§ Task objective
Restate word for word the lines of the data below, from the first through the one that has "pub(crate) fn is_sound(rows: &Rows<'_>, bytes: usize)".

§ Records for processing

==================================================

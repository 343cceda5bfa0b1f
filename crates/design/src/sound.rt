//! Whether rows can be relied on.
ghost use Rattle.database.specs.Soundness.{Sound};
ghost use Rattle.control.specs.Databases.{rows_of};
ghost use Rattle.control.specs.Deciding.{Decides};

use control::Rows;
use inspect_layout::{steps_are_laid, targets_are_laid};
use inspect_rows::rows_are_sound;

// Whether the rows are those of a sound database, whose names are parts of a text of so many bytes.
#[tactic(auto, using(crate::proofs::Parts::parts_sound, crate::proofs::Parts::sound_rows))]
pub(crate) fn is_sound(rows: &Rows<'_>, bytes: usize) -> bool
    ensures { Decides result (Sound bytes (rows_of rows.now)) }
{
    rows_are_sound(rows, bytes) && steps_are_laid(rows) && targets_are_laid(rows)
}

==================================================

§ Answer space
repository 343cceda5bfa0b1f
filename crates/design/src/sound.rt
//! Whether rows can be relied on.
ghost use Rattle.database.specs.Soundness.{Sound};
ghost use Rattle.control.specs.Databases.{rows_of};
ghost use Rattle.control.specs.Deciding.{Decides};

use control::Rows;
use inspect_layout::{steps_are_laid, targets_are_laid};
use inspect_rows::rows_are_sound;

// Whether the rows are those of a sound database, whose names are parts of a text of so many bytes.
#[tactic(auto, using(crate::proofs::Parts::parts_sound, crate::proofs::Parts::sound_rows))]
pub(crate) fn is_sound(rows: &Rows<'_>, bytes: usize) -> bool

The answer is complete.